2. C major. Andante con moto: This bagatelle uses a simple two-part structure ending with a short coda. There are two rhythmic ideas in this work: eighth notes and triplets as the melody.
3. D major. A l'Allemande: The form is ABA with an animated coda.
4. A major. Andante cantabile: This piece uses a brief ternary form with repeats at measures 8 and 16.
5. C minor. Risoluto: The structure is ABC, with A and B having 1 repeat.
6. G major. Andante — Allegretto: The piece opens with the Andante, which includes a cadenza styled passage after the fermata. The Allegretto section uses a general rhyme of two sixteenth notes and one eighth note. This section climaxes at a sudden change in the meter with rhythmic diminution, which leads into the 6/8 section. The 6/8 section uses a new rhythm of six 16th notes ending on an 8th note, before returning to a 2/4 time signature and ending the piece with the theme from the Allegretto.
7. C major. Allegro, ma non troppo: The structure is ABA. Beethoven uses less conventional musical ideas that also appear in his late piano sonatas, such as progressive rhythmic diminution with sustained trills.

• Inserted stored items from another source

//! Does the commands of records in turn, as long as they are accepted.
ghost use Rattle.std.specs.Prelude.{◌≡◌, ◌≤◌, ◌↔◌, ◌+◌, ℕ, All, true, length, IfOk, OnOk, IsTrue};
ghost use Rattle.op_log.specs.Record.{HasRecord};
ghost use Rattle.space_account.specs.Charge.{need};
ghost use Rattle.tree_model.specs.Step.{is_change};
ghost use Rattle.log_check.specs.Accepting.{HoldsATree, TakesEach, TakesNext, TakesNot, IsRefusedAt};
ghost use Rattle.log_check.specs.Cause.{IfFound, HasCheckCause};

use crate::LogCheckFault;
use node_table::NodeTable;
use space_account::{charge, fits, reserve};
use std::alloc::AllocError;
use tree_model::Command;

/// Does commands in turn, up to the first that the tree refuses or that doesn't fit into what is free.
pub(crate) fn accept_each(
    commands: &[Command],
    nodes: &mut NodeTable,
    free: u32,
) -> Result<(), LogCheckFault>
    requires have_records { All HasRecord commands.now }
    requires few { length commands.now ≤ 4096 }
    requires holds { HoldsATree nodes.old }
    ensures takes { OnOk result (TakesEach free nodes.old commands.now nodes.new) }
    ensures refused { IfFound result (IsRefusedAt free nodes.old commands.now) }
    ensures still { HoldsATree nodes.new }
    ensures no_fault { (count : ℕ) → HasCheckCause count count result }
{
    let mut charged = 0;
    for (i, command) in commands.iter().enumerate() {
        if !accept(command, nodes, free, charged)? {
            return Err(LogCheckFault::Found(i as u32));
        }
        charged += charge(command);
    }
    Ok(())
}

/// Does a command, if the tree doesn't refuse it and its charge and its reserve fit beside what is charged. Says whether it did.
fn accept(
    command: &Command,
    nodes: &mut NodeTable,
    free: u32,
    charged: u32,
) -> Result<bool, AllocError>
    requires change { is_change command.now ≡ true }
    requires holds { HoldsATree nodes.old }
    ensures takes { IfOk result (λ is. IsTrue is → TakesNext free charged nodes.old command.now nodes.new) }
    ensures refused { IfOk result (λ is. ¬ IsTrue is → TakesNot free charged nodes.old command.now) }
    ensures still { HoldsATree nodes.new }
{
    if nodes.refusal(command).is_some() {
        return Ok(false);
    }
    if !has_room(command, free, charged) {
        return Ok(false);
    }
    nodes.change(command)?;
    Ok(true)
}

/// Whether a command's charge and its reserve fit beside what is charged.
fn has_room(command: &Command, free: u32, charged: u32) -> bool
    requires change { is_change command.now ≡ true }
    ensures { IsTrue result ↔ (charged + need command.now ≤ free) }
{
    fits(free, charged, charge(command), reserve(command))
}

8. C major. Moderato cantabile: The eighth bagatelle's structure is AB, with each part having one repeat.
9. A minor. Vivace moderato: This bagatelle is a waltz, and uses ternary form without a coda. The piece is uses the following harmonic progression of I – ♭II6- V7 – I.
10. A major. Allegramente: The shortest piece Beethoven published at just 13 measures long. The piece uses two four-bar phrases and ends with a four-bar coda.
11. B♭ major. Andante, ma non troppo: The final piece in the set is in binary form with a codetta. The first four bars repeat once. This bagatelle highlighted Beethoven’s late compositional style.